# EXERCISE BRIEF
A copy is needed of each line in the records that has the word "unfolding".

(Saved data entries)
******
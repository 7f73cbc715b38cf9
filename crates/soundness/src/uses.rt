// What is kept beside the module: the scope of each expression, answers and references.
ghost use Rattle.std.specs.Prelude.{◌≡◌, ◌+◌, ◌*◌, ◌<◌, ◌≤◌};
ghost use Rattle.words.specs.Words.{word};
ghost use Rattle.layout.specs.Layout.{references_at, reference_limit};
ghost use Rattle.soundness.specs.Sound.{all_to, expr_fits, use_fits, kept_fits};

use crate::counted::CountedStore;
use crate::firsts::firsts_ascend;
use crate::lists::all_below;
use layout::tables::{FIRSTS, REFERENCE_LIMIT, REFERENCES, USE_ROW, USES};
use module::ExprId;
use words::get32;

impl CountedStore<'_> {
    // A scope stands one too high, with 0 for none. An answer is a name from 24 on; the numbers below are the other
    // answers (docs/STORE.md), any of which may stand here.
    #[tactic(auto, unfolding(crate::specs::Sound::use_fits))]
    fn use_fits(&self, e: ExprId) -> bool
        requires { e.0 < self.now.counts.exprs }
        ensures { result ≡ use_fits self.now.store.now e.0 }
    {
        let at = USES + USE_ROW * (e.0 as usize);
        (get32(self.store, at) <= self.counts.scopes)
            & (get32(self.store, at + 4) < 24 + self.counts.names)
    }

    fn uses_fit(&self) -> bool
        ensures { result ≡ all_to (use_fits self.now.store.now) self.now.counts.exprs }
    {
        (0..self.counts.exprs).all(|e| self.use_fits(ExprId(e)))
    }

    fn references_fit(&self, n: u32) -> bool
        requires { n ≤ reference_limit }
        ensures { result ≡ all_to (λ j. expr_fits self.now.store.now (word self.now.store.now (references_at + 4 * j))) n }
    {
        all_below(self.store, REFERENCES, n, self.counts.exprs)
    }

    #[tactic(auto, unfolding(crate::specs::Sound::kept_fits, layout::specs::Keeps::first_reference))]
    pub fn kept_fits(&self) -> bool
        ensures { result ≡ kept_fits self.now.store.now }
    {
        let names = self.counts.names;
        if !self.uses_fit() {
            return false;
        }
        if !firsts_ascend(self.store, FIRSTS, 4, names, REFERENCE_LIMIT) {
            return false;
        }
        self.references_fit(get32(self.store, FIRSTS + 4 * (names as usize)))
    }
}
******
# RESULT
    #[tactic(auto, unfolding(crate::specs::Sound::use_fits))]
    #[tactic(auto, unfolding(crate::specs::Sound::kept_fits, layout::specs::Keeps::first_reference))]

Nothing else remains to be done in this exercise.